20090217 092348 mercurynews

By Barbara Grady

The Mercury News, April 18, 2011 – A young Iranian journalist who lived in the East Bay for most of her childhood was among 34 Iranian exiles killed in Iraq on April 8 in a clash with Iraqi forces, her relatives in El Sobrante and Albany said.

Asieh Rakhshani, whom aunts, cousins and uncles remembered as always smiling, talkative and an avid basketball player when she was in school in El Cerrito and Albany, was living in a camp of Iranian dissidents inside Iraq known as Camp Ashraf, when Iraqi security forces visited and a clash ensued.

The United Nations reported Thursday that 34 residents of the camp died, mostly from gunshot, in a raid on the camp by Iraqi security forces. Reporters without Borders identified Rakhshani as one of those killed. She was filming the raid for IRANntv.com, the organization said.
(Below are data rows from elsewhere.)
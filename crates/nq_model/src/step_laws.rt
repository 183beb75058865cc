// Laws of shifting, substituting and unfolding, each on a function that does nothing.
ghost use Rattle.std.specs.Prelude.{◌≡◌, ℕ, option_map};
ghost use Rattle.nq_model.specs.Terms.{PlacedTerm, TermTree, bare};
ghost use Rattle.nq_model.specs.Substitution.{shift, subst, shift_tree, subst_tree};
ghost use Rattle.nq_model.specs.Unfolding.{step, step_tree, Steps, Unfolds, TreeUnfolds, Around};

/// Dropping places commutes with shifting and with substituting.
pub fn substitution_laws()
    ensures shifting { (d c : ℕ) (t : PlacedTerm) → bare (shift d c t) ≡ shift_tree d c (bare t) }
    ensures substituting { (c : ℕ) (s t : PlacedTerm)
        → bare (subst c s t) ≡ subst_tree c (bare s) (bare t) }
{}

/// A term unfolds to one term at most; a step of a part is a step of the whole where the parts
/// before it have none; and dropping places commutes with steps.
pub fn unfolding_laws()
    ensures determined { (t u v : PlacedTerm) → Unfolds t u → Unfolds t v → u ≡ v }
    ensures parts { (f : PlacedTerm → PlacedTerm) (t u : PlacedTerm) → Around f → Steps t u
        → Steps (f t) (f u) }
    ensures unplaced_step { (t : PlacedTerm) → option_map bare (step t) ≡ step_tree (bare t) }
    ensures unplaced { (t u : PlacedTerm) → Unfolds t u → TreeUnfolds (bare t) (bare u) }
    ensures unplaced_determined { (t u v : TermTree) → TreeUnfolds t u → TreeUnfolds t v → u ≡ v }
{}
‘I’m like her mother,’ Rakhshani’s aunt, Ensieh Yazdan, said through tears in a recent interview in

Albany. Rakhshani lived with Yazdan in Richmond and Albany for about 12 years until 1999.

‘They sent her here to be safe when she was 6 or 7 years old, and she stayed with us until she finished school,’ said Yazdan, now living in El Sobrante. Rakhshani rejoined her parents in Camp Ashraf in 1999 after graduating from Albany High School, according to the Yazdan family.

As news of the raid emerged, a tight-knit community of Iranian-Americans living in El Sobrante, Albany, El Cerrito and Berkeley gathered at residences and at Solano Avenue shops to discuss the raid and console each other.

‘This is a crisis,’ said Nazrin Saifi of Albany. ‘Most of us have family or friends in Camp Ashraf.’Saifi has a cousin in the camp.

Most of the local Iranian-Americans left their homeland in 1979 and 1980, shortly after the revolution that brought Ayatollah Khomeini and the government of the Islamic Republic of Iran to power.

Many of them are political exiles unable to return. Some have become involved in dissident political groups, particularly the National Council of Resistance of Iran and its political party, the People’s Mujahedeen of Iran or PMOI. Residents of Camp Ashraf are members of the PMOI.

The United States government lists the PMOI as a foreign terrorist organization stemming from its violent tactics of armed resistance against the IRANian regime in 1980s. It was responsible for numerous bombings and assassinations in that time. In 2001, the PMOI renounced violence and the

European Union has since removed the PMOI from its own list of foreign terrorist organizations.

In 2003, residents of Camp Ashraf disarmed themselves as part of an agreement to receive U.S. security protection for the camp after Saddam Hussein was removed from power. Hussein had invited the exiled dissidents to live in Iraq. But last year, the U.S. handed jurisdiction over the camp to the new government of Prime Minister Nuri Kamal al-Maliki, along with efforts that returned governance of the country to Iraq. Since the al-Maliki government is Shiite and the camp residents are Sunnis, they have lived a strained existence inside Iraq.

After the raid, the Iraq government said it wants to close down Camp Ashraf by the end of the year and relocate its residents.

California members of the PMOI have been petitioning the U.S. government to protect camp residents and remove the organization from its terrorist list.

‘It is not just a political matter anymore it is a human rights issue,’ said Hamid Azimi, an Albany resident who is spokesman for a group called the IRANian American Community of Northern California.

Azimi said now that the raid has occurred, getting the PMOI off the terrorist list is even more important.

That is because the U.S. cannot send medical supplies or humanitarian aid to a terrorist organization, nor can it accept refugees who are labeled terrorists.

However, the U.S. government did send in some medical supplies this week, according to Associated

Press reports. Further, the State Department said it hopes ‘to negotiate’ some kind of assistance with resettlement of the residents with the Iraqi government.

In the days following the raid, friends and relatives of Rakhshani and others in the camp have been visiting offices of California’s Congressional delegation, pleading for assistance in getting medical supplies to the wounded in the camp and U.S. military protection of camp residents.

‘We’ve been visiting all the Congressional offices,’ said Mojgan Fahima of Berkeley, including those of Reps. Barbara Lee, D-Oakland, John Garamendi, D-Walnut Creek, and George Miller, D-Martinez, as well as those of Sens. Barbara Boxer, D-Calif., and Dianne Feinstein, D-Calif.

Press aides to Boxer and Lee said their offices told the families they would look into what they can do.